Monday, October 24, 2011

The Big Picture

It is helpful to view all machine-learning methods as approximations of Bayesian inference. It allows to devise new approximations or to make some approximations more precise.

The following two videos show the unified view. They explain it better than I would do.

Note that the goal is to minimize the expected loss. The expectation is over all possible examples. Modeling P(X, Y) can help to have small loss on unseen examples.

Footnote:
Even SVM can be viewed as a probabilistic model.

Sunday, October 2, 2011

Intro to Sum-Product Networks

In 2011, a new probabilistic model was proposed. It is fast. It can represent many probability functions. And its learning prefers simple explanations. I will show you how the model looks like. You can then read the original paper for details: Sum-Product Networks: A New Deep Architecture.

Computing Probabilities Quickly

Sum-product networks allow to compute the probability of an event quickly. They were first invented as a data structure for the quick computation.

Network with one variable

A sum-product network is a directed acyclic graph. It has alternating layers of sum and product nodes. Only the edges below a sum node have weights. The weights are normalized to sum to 1.

To compute the probability of an evidence, the network is evaluated from bottom up.

P(X1=1) = net.eval_with(x1=1, not_x1=0)
    = P(X1=1) * 1 + P(X1=0) * 0

Network with two independent variables

When two variables are independent, their join probability can be represented concisely. We don't need to store the probabilities of all their combinations. It is enough to store the factors: P(X1=1), P(X2=1).

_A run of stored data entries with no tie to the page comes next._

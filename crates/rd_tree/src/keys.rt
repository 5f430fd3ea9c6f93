//! The keys of names: what a naming sees of them.

ghost use Rattle.std.specs.Prelude.{◌≡◌, ◌≤◌, IfOk, length, take};
ghost use Rattle.rd_dirinfo.specs.Naming.{folding, seen};

use rd_dirinfo::Naming;
use std::alloc::{AllocError, Global};

/// The folding of a name, at the start of a buffer.
pub fn fold_into(name: &[u16], buffer: &mut [u16])
    requires { length name.now ≤ length buffer.old }
    ensures { take (length name.now) buffer.new ≡ folding name.now }
{
    for i in 0..name.len() {
        buffer[i] = Naming::Folded.see(name[i]);
    }
}

/// The key of a name, in memory of its own.
pub fn key_of(alloc: Global, naming: Naming, name: &[u16]) -> Result<Vec<u16>, AllocError>
    ensures { IfOk result (λ key. key.items ≡ seen naming name.now) }
{
    match naming {
        Naming::Exact => Vec::from_slice(alloc, name),
        Naming::Folded => name.iter().map(|unit| naming.see(*unit)).collect(alloc),
    }
}
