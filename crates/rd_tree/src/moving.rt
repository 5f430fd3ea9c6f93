//! How a node gets another place.

ghost use Rattle.std.specs.Prelude.{◌≡◌, ◌≢◌, ◌≤◌, ◌-◌, ℕ, ◌&&◌, ◌||◌, not, length, Some, None, true, false, OnOk, OnErr, OnSome};
ghost use Rattle.std.specs.Option.{is_some, IsSome, option_and_then, unwrap_or};
ghost use Rattle.std.specs.List.{list_all};
ghost use Rattle.rd_dirinfo.specs.Naming.{Name, seen};
ghost use Rattle.rd_dirinfo.specs.Paths.{is_name, seen_path};
ghost use Rattle.rd_tree.specs.Walk.{Key, LeadsThrough, FitsWithin, IsDeep, added_units};
ghost use Rattle.rd_tree.specs.Nodes.{child_of, file_of, kind_of, link_of, Retitles, SameNodes, Shifts};

use crate::keys::key_of;
use crate::node::Node;
use crate::nodes::{ROOT, child, delete, kind, link, unlink};
use rd_base::Units;
use rd_dirinfo::{MOST_PATH_UNITS, Naming};
use slab::Slab;
use std::alloc::{AllocError, Global};
use std::mem;

/// Whether the way along some names leads to a node, or through it.
pub fn leads_through(nodes: &Slab<Node>, naming: Naming, node: usize, names: &[Units]) -> bool
    requires { list_all is_name names.now ≡ true }
    ensures through { result ≡ true → LeadsThrough (child_of nodes.now) 0 node (seen_path naming names.now) }
    ensures past { result ≡ false → LeadsThrough (child_of nodes.now) 0 node (seen_path naming names.now) → ⊥ }
{
    let mut here = ROOT;
    for name in names {
        if here == node {
            return true;
        }
        match child(nodes, naming, here, name.as_slice()) {
            Some(next) => here = next,
            None => return false,
        }
    }
    here == node
}

/// How many units more a path may have that begins with some names.
pub fn units_left(names: &[Units]) -> usize
    requires { added_units names.now ≤ 4097 }
    ensures { result ≡ 4097 - added_units names.now }
{
    let mut left = MOST_PATH_UNITS as usize + 1;
    for name in names {
        left -= name.as_slice().len() + 1;
    }
    left
}

/// Whether no way down from a node has more names, or adds more units, than there is room for.
pub fn fits(nodes: &Slab<Node>, node: usize, names: usize, units: usize) -> bool
    ensures fits { result ≡ true → FitsWithin (child_of nodes.now) node names units }
    ensures deep { result ≡ false → IsDeep (child_of nodes.now) node names units }
{
    let Some(folder) = nodes.get(node) else {
        return true;
    };
    for (key, child) in &folder.children {
        let len = key.len();
        if names == 0 {
            return false;
        }
        if units <= len {
            return false;
        }
        if !fits(nodes, *child, names - 1, units - len - 1) {
            return false;
        }
    }
    true
}

/// Whether a node is in the way: it isn't to be replaced, or is a folder.
pub fn is_taken(nodes: &Slab<Node>, target: Option<usize>, replace: bool) -> bool
    ensures { result ≡ (is_some target && (not replace || unwrap_or (option_and_then (kind_of nodes.now) target) false)) }
{
    let Some(target) = target else {
        return false;
    };
    if !replace {
        return true;
    }
    match kind(nodes, target) {
        Some(folder) => folder,
        None => false,
    }
}

/// Gives a node another link, and answers the one that it had.
fn place(nodes: &mut Slab<Node>, node: usize, folder: usize, name: Units) -> Option<(usize, Units)>
    requires other { 0 ≢ node }
    ensures from { result ≡ link_of nodes.old node }
    ensures to { OnSome result (link_of nodes.new node ≡ Some (folder, name)) }
    ensures links { (n : ℕ) → (n ≡ node → ⊥) → link_of nodes.new n ≡ link_of nodes.old n }
    ensures children { (n : ℕ) (x : Key) → child_of nodes.new n x ≡ child_of nodes.old n x }
    ensures files { (n : ℕ) → file_of nodes.new n ≡ file_of nodes.old n }
{
    match nodes.get_mut(node) {
        Some(node) => {
            let was = mem::replace(&mut node.parent, folder);
            let old = mem::replace(&mut node.name, name);
            Some((was, old))
        }
        None => None,
    }
}

/// Gives a node a new name for the same key. Without memory nothing changes.
pub fn retitle(
    nodes: &mut Slab<Node>,
    alloc: Global,
    node: usize,
    folder: usize,
    name: &[u16],
) -> Result<(), AllocError>
    requires other { 0 ≢ node }
    requires linked { IsSome (link_of nodes.old node) }
    ensures retitled { OnOk result (Retitles nodes.old nodes.new node folder name.now) }
    ensures refused { OnErr result (SameNodes nodes.old nodes.new) }
{
    let own = Vec::from_slice(alloc, name)?;
    match place(nodes, node, folder, Units::of(own)) {
        Some(_) => Ok(()),
        None => Err(AllocError),
    }
}

/// Puts a node into another folder, in the place of a target if there is one. Without memory nothing changes.
pub fn shift(
    nodes: &mut Slab<Node>,
    alloc: Global,
    naming: Naming,
    node: usize,
    folder: usize,
    name: &[u16],
    target: Option<usize>,
) -> Result<(), AllocError>
    requires folder { IsSome (kind_of nodes.old folder) }
    requires other { 0 ≢ node }
    requires linked { IsSome (link_of nodes.old node) }
    requires named { (a : ℕ) (x : Name) → link_of nodes.old node ≡ Some (a, x) → is_name x ≡ true }
    ensures shifted { OnOk result ((a : ℕ) (x : Name) → link_of nodes.old node ≡ Some (a, x) → ((folder ≡ a) × (seen naming name.now ≡ seen naming x) → ⊥) → (target ≡ Some node → ⊥) → (target ≡ Some folder → ⊥) → Shifts naming nodes.old nodes.new node a x folder name.now target) }
    ensures refused { OnErr result (SameNodes nodes.old nodes.new) }
{
    let key = key_of(alloc, naming, name)?;
    let own = Vec::from_slice(alloc, name)?;
    if link(nodes, folder, key, node).is_err() {
        return Err(AllocError);
    }
    let Some((from, old)) = place(nodes, node, folder, Units::of(own)) else {
        return Err(AllocError);
    };
    unlink(nodes, naming, from, old.as_slice());
    match target {
        Some(target) => {
            delete(nodes, target);
            Ok(())
        }
        None => Ok(()),
    }
}
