//! The definitions at work. Each is the contract of a function that does nothing: the checker computes the cases.

ghost use Rattle.std.specs.Prelude.{◌≡◌, [], ◌∷◌, ◌++◌, codes, replicate, true, false, None, Some};
ghost use Rattle.rd_dirinfo.specs.declared.naming.Naming.TheVariants as Naming;
ghost use Rattle.rd_dirinfo.specs.Patterns.{any_name};
ghost use Rattle.rd_tree.specs.declared.refusal.AddNo.TheVariants as AddNo;
ghost use Rattle.rd_tree.specs.declared.refusal.MoveNo.TheVariants as MoveNo;
ghost use Rattle.rd_tree.specs.Places.{add_refusal, asked_path, bytes_at, has_child, is_too_deep, move_refusal, moved, new_place, next_name, node_at, path_at, with_bytes, with_place, without};
ghost use Rattle.rd_tree.specs.Sample.{crowded, deep, long_names, sample};

/// What is found at a path, by both namings, and what is left when a node goes or its bytes change.
pub fn finding_is_as_listed()
    ensures root { node_at (sample Naming.Exact) [] ≡ Some 0 }
    ensures case { node_at (sample Naming.Folded) (codes "d" ∷ codes "B" ∷ []) ≡ Some 2 }
    ensures case_exact { node_at (sample Naming.Exact) (codes "d" ∷ codes "B" ∷ []) ≡ None }
    ensures below_a_file { node_at (sample Naming.Exact) (codes "c" ∷ codes "b" ∷ []) ≡ None }
    ensures bytes { bytes_at (sample Naming.Exact) 2 ≡ Some (7 ∷ []) }
    ensures folder { bytes_at (sample Naming.Exact) 1 ≡ None }
    ensures parent { has_child (sample Naming.Exact) 1 ≡ true }
    ensures leaf { has_child (sample Naming.Exact) 3 ≡ false }
    ensures gone { node_at (without (sample Naming.Exact) 2) (codes "D" ∷ codes "b" ∷ []) ≡ None }
    ensures others { node_at (without (sample Naming.Exact) 2) (codes "c" ∷ []) ≡ Some 3 }
    ensures changed { bytes_at (with_bytes (sample Naming.Exact) 2 (λ file. file ++ 8 ∷ [])) 2 ≡ Some (7 ∷ 8 ∷ []) }
{}

/// Where a node may be added, and the path that it gets.
pub fn adding_is_as_listed()
    ensures root { add_refusal (sample Naming.Exact) [] ≡ Some AddNo.Collision }
    ensures there { add_refusal (sample Naming.Folded) (codes "d" ∷ codes "B" ∷ []) ≡ Some AddNo.Collision }
    ensures free { add_refusal (sample Naming.Exact) (codes "D" ∷ codes "B" ∷ []) ≡ None }
    ensures no_folder { add_refusal (sample Naming.Exact) (codes "d" ∷ codes "x" ∷ []) ≡ Some AddNo.PathNotFound }
    ensures under_a_file { add_refusal (sample Naming.Exact) (codes "c" ∷ codes "x" ∷ []) ≡ Some AddNo.PathNotFound }
    ensures full { add_refusal (crowded 65535 Naming.Exact) (codes "d" ∷ []) ≡ Some AddNo.Full }
    ensures one_more { add_refusal (crowded 65534 Naming.Exact) (codes "d" ∷ []) ≡ None }
    ensures kept_parent { asked_path (sample Naming.Folded) (codes "d" ∷ codes "X" ∷ []) ≡ codes "D" ∷ codes "X" ∷ [] }
    ensures new { node_at (with_place (sample Naming.Folded) 9 (new_place (sample Naming.Folded) (codes "d" ∷ codes "X" ∷ []) true)) (codes "D" ∷ codes "x" ∷ []) ≡ Some 9 }
{}

/// Where a node may be moved, and what moves with it. 16 names of 254 units and one of 16 make a path of 4,096 units, with those
/// that stand between names; and so they do with a last name of 14 and one of one unit below it.
pub fn renaming_is_as_listed()
    ensures inside { move_refusal (sample Naming.Folded) 1 (codes "d" ∷ codes "e" ∷ []) true ≡ Some MoveNo.Inside }
    ensures not_inside { move_refusal (sample Naming.Exact) 1 (codes "d" ∷ codes "e" ∷ []) true ≡ Some MoveNo.PathNotFound }
    ensures under_a_file { move_refusal (sample Naming.Exact) 1 (codes "c" ∷ codes "e" ∷ []) true ≡ Some MoveNo.PathNotFound }
    ensures many_names { is_too_deep (sample Naming.Exact) 1 (replicate 64 (codes "a")) ≡ true }
    ensures most_names { is_too_deep (sample Naming.Exact) 1 (replicate 63 (codes "a")) ≡ false }
    ensures many_units { move_refusal (deep Naming.Exact) 3 (long_names 16 ++ replicate 17 0x61 ∷ []) false ≡ Some MoveNo.TooDeep }
    ensures most_units { move_refusal (deep Naming.Exact) 3 (long_names 16 ++ replicate 16 0x61 ∷ []) false ≡ None }
    ensures many_units_below { move_refusal (deep Naming.Exact) 1 (long_names 16 ++ replicate 15 0x61 ∷ []) false ≡ Some MoveNo.TooDeep }
    ensures most_units_below { move_refusal (deep Naming.Exact) 1 (long_names 16 ++ replicate 14 0x61 ∷ []) false ≡ None }
    ensures collision { move_refusal (sample Naming.Exact) 3 (codes "D" ∷ codes "b" ∷ []) false ≡ Some MoveNo.Collision }
    ensures replaced { move_refusal (sample Naming.Exact) 3 (codes "D" ∷ codes "b" ∷ []) true ≡ None }
    ensures no_folder_replaced { move_refusal (sample Naming.Exact) 3 (codes "D" ∷ []) true ≡ Some MoveNo.Collision }
    ensures own { move_refusal (sample Naming.Folded) 1 (codes "d" ∷ []) false ≡ None }
    ensures own_name { path_at (moved (sample Naming.Folded) 1 (codes "d" ∷ [])) 2 ≡ Some (codes "d" ∷ codes "b" ∷ []) }
    ensures own_parent { path_at (moved (sample Naming.Folded) 2 (codes "d" ∷ codes "B" ∷ [])) 2 ≡ Some (codes "D" ∷ codes "B" ∷ []) }
    ensures below { path_at (moved (sample Naming.Exact) 1 (codes "x" ∷ [])) 2 ≡ Some (codes "x" ∷ codes "b" ∷ []) }
    ensures left { node_at (moved (sample Naming.Exact) 1 (codes "x" ∷ [])) (codes "D" ∷ codes "b" ∷ []) ≡ None }
    ensures replaces { node_at (moved (sample Naming.Exact) 3 (codes "D" ∷ codes "b" ∷ [])) (codes "D" ∷ codes "b" ∷ []) ≡ Some 3 }
    ensures target_gone { path_at (moved (sample Naming.Exact) 3 (codes "D" ∷ codes "b" ∷ [])) 2 ≡ None }
    ensures others { path_at (moved (sample Naming.Exact) 1 (codes "x" ∷ [])) 3 ≡ Some (codes "c" ∷ []) }
{}

/// Which name is listed next.
pub fn listing_is_as_listed()
    ensures first { next_name (sample Naming.Exact) 0 None any_name ≡ Some (codes "D") }
    ensures first_folded { next_name (sample Naming.Folded) 0 None any_name ≡ Some (codes "c") }
    ensures after { next_name (sample Naming.Folded) 0 (Some (codes "C")) any_name ≡ Some (codes "D") }
    ensures last { next_name (sample Naming.Folded) 0 (Some (codes "d")) any_name ≡ None }
    ensures matching { next_name (sample Naming.Exact) 0 None (codes "c*") ≡ Some (codes "c") }
    ensures matching_folded { next_name (sample Naming.Folded) 0 None (codes "d*") ≡ Some (codes "D") }
    ensures matching_exact { next_name (sample Naming.Exact) 0 None (codes "d*") ≡ None }
    ensures children_alone { next_name (sample Naming.Exact) 0 None (codes "b") ≡ None }
{}
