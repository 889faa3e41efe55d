// Exported for C: receive, which takes line octets in bit by bit. An archive and a C name of its own keep each engine as fast as it is alone.

#![tactic(auto)]

ghost use Rattle.std.specs.Prelude.{◌≡◌, [], ◌∷◌};
ghost use Rattle.calls.specs.Call.{receive};
ghost use Rattle.host_calls.specs.Answers.{host_answer};

use board::Link;
use host_link::HostLink;
use host_link::answers::HostCounted;

// Takes line octets in, fills slots, and writes a record for each thing that happened.
#[tactic(auto, unfolding(host_link::specs::Crossing::given_back))]
#[unsafe(no_mangle)]
pub extern "C" fn pj_receive_value(
    link: HostLink,
    octets: &[u8],
    pool: &mut [u8],
    descriptors: &mut [u16],
    records: &mut [u8],
) -> HostCounted
    ensures { record { number = result.number; link = result.link; count = result.count; part = []; lent = octets.now ∷ pool.new ∷ descriptors.new ∷ records.new ∷ [] } ≡ host_answer link (receive octets.now pool.old descriptors.old records.old) }
{
    let received = calls::receive(Link::from(link), octets, pool, descriptors, records);
    HostCounted::new(link, received)
}
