// No code: what sends and fills put on the line, over lists of calls.

#![tactic(auto)]
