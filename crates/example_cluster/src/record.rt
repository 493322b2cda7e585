//! The record of a cluster: what its servers have done, one event a line, as JSON that `raft_trace`
//! judges.
//!
//! A log of the laws has no entry 0, so the first entry that a leader writes has index 1, and an
//! index is a number of first entries.

use crate::types::CommittedLeaderId;
use std::alloc::{AllocError, Global};
use std::collections::BTreeMap;
use trace_checker::entry::Entry as LawEntry;
use trace_checker::event::Event;
use trace_checker::term::Term as _;

/// A term of the laws: the committed leader id of a leader.
pub type Term = CommittedLeaderId;

/// An entry: its term, and a number for what it holds.
pub type Entry = LawEntry<Term, u64>;

/// An act of a server.
pub type Act = Event<Term, u64, u64>;

/// The first line of each list. The first three servers are the first voters.
const STARTED: &str = "{\"event\":\"started\",\"voters\":[[1,2,3]],\"first\":1}\n";

/// Lists of lines, and what the entries of memberships hold.
#[derive(Drop)]
pub struct Record {
    /// No list, one list for all servers, or a list for each server.
    lists: Vec<String>,
    /// The voters of each membership as JSON, by the number that stands for it in an entry.
    voters: BTreeMap<u64, String>,
}

impl Record {
    /// Returns so many lists, in which the cluster has only started.
    pub fn new(alloc: Global, lists: u64) -> Result<Self, AllocError> {
        let mut record = Record {
            lists: Vec::new(alloc),
            voters: BTreeMap::new(alloc),
        };
        for _ in 0..lists {
            record.lists.push(String::from_str(alloc, STARTED)?)?;
        }
        Ok(record)
    }

    /// Returns the lists.
    pub fn lists(&self) -> &[String] {
        &self.lists
    }

    /// Takes note of what a membership's number means.
    pub fn name(&mut self, number: u64, configs: &[Vec<u64>]) -> Result<(), AllocError> {
        if self.lists.is_empty() {
            return Ok(());
        }
        let mut text = String::new(*self.lists.allocator());
        push_configs(&mut text, configs)?;
        self.voters.insert(number, text)?;
        Ok(())
    }

    /// Adds the line of an act to the list of its server, or to the only list. `log` is the log of
    /// the server after the event.
    pub fn push(&mut self, act: &Act, log: &[Entry]) -> Result<(), AllocError> {
        let others = self.lists.len().saturating_sub(1);
        let place = server_of(act).saturating_sub(1) as usize;
        match self.lists.get_mut(place.min(others)) {
            Some(list) => push_line(list, act, log, &self.voters),
            None => Ok(()),
        }
    }
}

/// Returns the server that has done an act.
fn server_of(act: &Act) -> u64 {
    match act {
        Event::Campaigned { server, .. }
        | Event::Granted { server, .. }
        | Event::Appended { server, .. }
        | Event::Acked { server, .. }
        | Event::Restarted { server, .. }
        | Event::Applied { server, .. } => *server,
        Event::Wrote { leader, .. } | Event::Committed { leader, .. } => *leader,
    }
}

/// Returns a number below 2^64 for a term, by which terms are ordered. A rank is a term number, or
/// a term times 2^64 and a node, of which there are less than sixteen.
fn number_of(term: Term) -> u64 {
    let rank = term.rank();
    let (term, node) = (
        rank / 0x1_0000_0000_0000_0000,
        rank % 0x1_0000_0000_0000_0000,
    );
    (term as u64).saturating_mul(16).saturating_add(node as u64)
}

/// Returns the index of an entry of a log: of the last one, if equal entries are in the log.
fn index_of(log: &[Entry], entry: &Entry) -> usize {
    let mut index = log.len();
    for other in log.iter().rev() {
        if other.term == entry.term && other.content == entry.content {
            break;
        }
        index = index.saturating_sub(1);
    }
    index
}

/// Writes the line of an act.
fn push_line(
    list: &mut String,
    act: &Act,
    log: &[Entry],
    voters: &BTreeMap<u64, String>,
) -> Result<(), AllocError> {
    match act {
        Event::Campaigned { server, term } => writeln!(
            list,
            "{{\"event\":\"campaigned\",\"server\":{server},\"term\":{}}}",
            number_of(*term)
        )?,
        Event::Granted {
            server,
            term,
            candidate,
        } => writeln!(
            list,
            "{{\"event\":\"granted\",\"server\":{server},\"term\":{},\"candidate\":{candidate}}}",
            number_of(*term)
        )?,
        Event::Wrote {
            leader,
            term,
            entry,
        } => {
            write!(
                list,
                "{{\"event\":\"wrote\",\"leader\":{leader},\"term\":{},\"index\":{},\"content\":{}",
                number_of(*term),
                index_of(log, entry),
                entry.content
            )?;
            if let Some(configs) = voters.get(&entry.content) {
                write!(list, ",\"voters\":{configs}")?;
            }
            writeln!(list, "}}")?;
        }
        Event::Appended {
            server,
            term,
            leader,
            keep,
            entries,
        } => {
            write!(
                list,
                "{{\"event\":\"appended\",\"server\":{server},\"term\":{},\"leader\":{leader},\"prev\":{keep}",
                number_of(*term)
            )?;
            push_entries(list, entries)?;
            writeln!(list, "}}")?;
        }
        Event::Acked {
            server,
            term,
            leader,
            len,
        } => writeln!(
            list,
            "{{\"event\":\"acked\",\"server\":{server},\"term\":{},\"leader\":{leader},\"index\":{len}}}",
            number_of(*term)
        )?,
        Event::Committed {
            leader,
            term,
            len,
            ..
        } => writeln!(
            list,
            "{{\"event\":\"committed\",\"leader\":{leader},\"term\":{},\"index\":{len}}}",
            number_of(*term)
        )?,
        Event::Applied { server, len, .. } => writeln!(
            list,
            "{{\"event\":\"applied\",\"server\":{server},\"index\":{len}}}"
        )?,
        Event::Restarted { server, len } => {
            write!(
                list,
                "{{\"event\":\"restarted\",\"server\":{server},\"index\":{len}"
            )?;
            if let Some(last) = len.checked_sub(1).and_then(|place| log.get(place)) {
                write!(list, ",\"last_term\":{}", number_of(last.term))?;
            }
            writeln!(list, "}}")?;
        }
    }
    Ok(())
}

/// Writes the field `entries`: for each entry its term and its content.
fn push_entries(list: &mut String, entries: &[Entry]) -> Result<(), AllocError> {
    list.push_str(",\"entries\":[")?;
    for (place, entry) in entries.iter().enumerate() {
        if place > 0 {
            list.push(',')?;
        }
        write!(list, "[{},{}]", number_of(entry.term), entry.content)?;
    }
    list.push(']')
}

/// Writes the voters of configs.
fn push_configs(text: &mut String, configs: &[Vec<u64>]) -> Result<(), AllocError> {
    text.push('[')?;
    for (place, config) in configs.iter().enumerate() {
        if place > 0 {
            text.push(',')?;
        }
        push_config(text, config)?;
    }
    text.push(']')
}

/// Writes the voters of a config.
fn push_config(text: &mut String, config: &[u64]) -> Result<(), AllocError> {
    text.push('[')?;
    for (place, id) in config.iter().enumerate() {
        if place > 0 {
            text.push(',')?;
        }
        write!(text, "{id}")?;
    }
    text.push(']')
}
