//! A simulated Raft cluster over the crates of the layer. It is checked after each event.
//!
//! It is an example for callers and a trial of these crates, and no Raft to use: storage is prompt,
//! time is a count of ticks, a message is a value, a snapshot comes whole, one request at a time is
//! in flight to a follower, and there are no pre-votes, leases or reads of clients.
//!
//! `cluster --help` says what it can be asked for. It ends with status 1 unless all clusters are
//! safe and converge.
#![tactic(auto)]

mod candidate;
mod chart;
mod cluster;
mod deed;
mod disk;
mod event;
mod fault;
mod follower;
mod leader;
mod message;
mod network;
mod options;
mod planted;
mod record;
mod safety;
mod server;
mod tally;
mod trace;
mod types;
mod view;

use anyhow::{Context, Result, ensure};
use cluster::Cluster;
use options::{Options, Recording};
use record::Record;
use std::{env, fs};
use tally::{Number, Tally};

/// Runs a cluster of each seed, and says what was found. Returns whether all were safe and have
/// converged.
fn run(rt: &HostRuntime, options: &Options<'_>) -> Result<bool> {
    let mut tally = Tally::default();
    let mut healthy = 0u64;
    let seeds = Number(options.seeds);
    for number in 0..options.seeds {
        let seed = options.seed.saturating_add(number);
        let is_healthy = run_one(rt, options, seed, &mut tally)?;
        healthy = healthy.saturating_add(u64::from(is_healthy));
        if number % 500 == 499 {
            eprintln!(rt;
                "{} of {seeds} clusters have run",
                Number(number.saturating_add(1))
            )?;
        }
    }
    println!(rt; "{tally}")?;
    println!(rt;
        "{} of {seeds} clusters safe and converged in {} events",
        Number(healthy),
        Number(tally.events)
    )?;
    Ok(healthy == options.seeds)
}

/// Runs the cluster of a seed, and prints its chart and what is wrong. Returns whether nothing is.
fn run_one(rt: &HostRuntime, options: &Options<'_>, seed: u64, tally: &mut Tally) -> Result<bool> {
    let mut chart = String::new(rt.alloc());
    let verdict = Cluster::simulate(rt.alloc(), seed, options, tally, &mut chart)?;
    print!(rt; "{chart}")?;
    if let Err(violation) = verdict.found {
        println!(rt; "seed {seed}, event {}: {violation}", verdict.events)?;
    }
    if let Err(refused) = verdict.rules {
        println!(rt; "seed {seed}, rules: {refused}")?;
    }
    write_record(rt, options.recording, &verdict.record)?;
    Ok(verdict.found.is_ok() && verdict.rules.is_ok())
}

/// Writes the lists of a record into their files.
fn write_record(rt: &HostRuntime, recording: Recording<'_>, record: &Record) -> Result<()> {
    for (place, list) in record.lists().iter().enumerate() {
        let path = match recording {
            Recording::Folder(folder) => format!(in rt.alloc();
                "{folder}/{}.jsonl",
                place.saturating_add(1)
            )?,
            Recording::File(path) => String::from_str(rt.alloc(), path)?,
            Recording::Off => return Ok(()),
        };
        fs::write(rt, path.as_str(), list.as_str()).context(format_args!(
            "the file '{path}' cannot be written"
        ))?;
    }
    Ok(())
}

/// Prints the options, and the faults with what each means.
fn print_help(rt: &HostRuntime) -> Result<()> {
    print!(rt; "{}", options::HELP)?;
    for (_, name, meaning) in fault::FAULTS {
        println!(rt; "      {name:<24}{meaning}")?;
    }
    Ok(())
}

fn main(rt: HostRuntime) -> Result<()> {
    let words: Vec<String> = env::args(&rt)?.skip(1).collect(rt.alloc())?;
    if words
        .iter()
        .any(|word| matches!(word.as_str(), "--help" | "-h"))
    {
        return print_help(&rt);
    }
    let options = Options::parse(&words)?;
    if options.chart > 0 {
        print!(rt; "{}", chart::LEGEND)?;
    }
    let is_healthy = run(&rt, &options)?;
    ensure!(is_healthy, "not all clusters are safe and converge");
    Ok(())
}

The joint probability is calculated by evaluation the network:

P(X1=1, X2=1) = net.eval_with(
        x1=1, not_x1=0,
        x2=1, not_x2=0)
    = (P(X1=1) * 1 + P(X1=0) * 0) * (P(X2=1) * 1 + P(X2=0) * 0)
    = P(X1=1) * P(X2=1)

It is also possible to calculate the probability of a subset of variables. Naively, we would evaluate the network multiple times:

P(X1=1) = P(X1=1, X2=0) + P(X1=1, X2=1)

It can be done faster. We want the network to sum all the possible branches. We can do that by setting both x2 and not_x2 to 1. It is then enough to evaluate the network just once.

P(X1=1) = net.eval_with(
        x1=1, not_x1=0,
        x2=1, not_x2=1)
    = (P(X1=1) * 1 + P(X1=0) * 0) * (P(X2=1) * 1 + P(X2=0) * 1)
    = P(X1=1) * 1.0

The computation is done in O(num_edges) steps.

Network with conditional independence

Conditional independence also helps to make the network concise. In the above network, variables X1 and X2 are independent when given X3. The value of X3 switches between the branches of the network.

P(X1=1, X2=1, X3=1) = net.eval_with(
        x1=1, not_x1=0,
        x2=1, not_x2=0,
        x3=1, not_x3=0)
    = (P(X1=1|X3=1) * P(X2=1|X3=1) * 1) * P(X3=1)

This network can represent the same probabilities as a Naive Bayes model.

Expressive Power

Any Bayesian network can be converted to a sum-product network. The resulting sum-product network may have many edges. In the worst case, the number of edges in the sum-product network will be proportional to the time complexity of computing probabilities in the Bayesian network (i.e., O(num_vars * 2**treewidth)).

Some probability functions can be represented more concisely by a sum-product network. For example, the sum-product network can omit edges with zero weights. And a sum-product network can reuse nodes. The network does not need to be a tree. A node can be reused by multiple parents.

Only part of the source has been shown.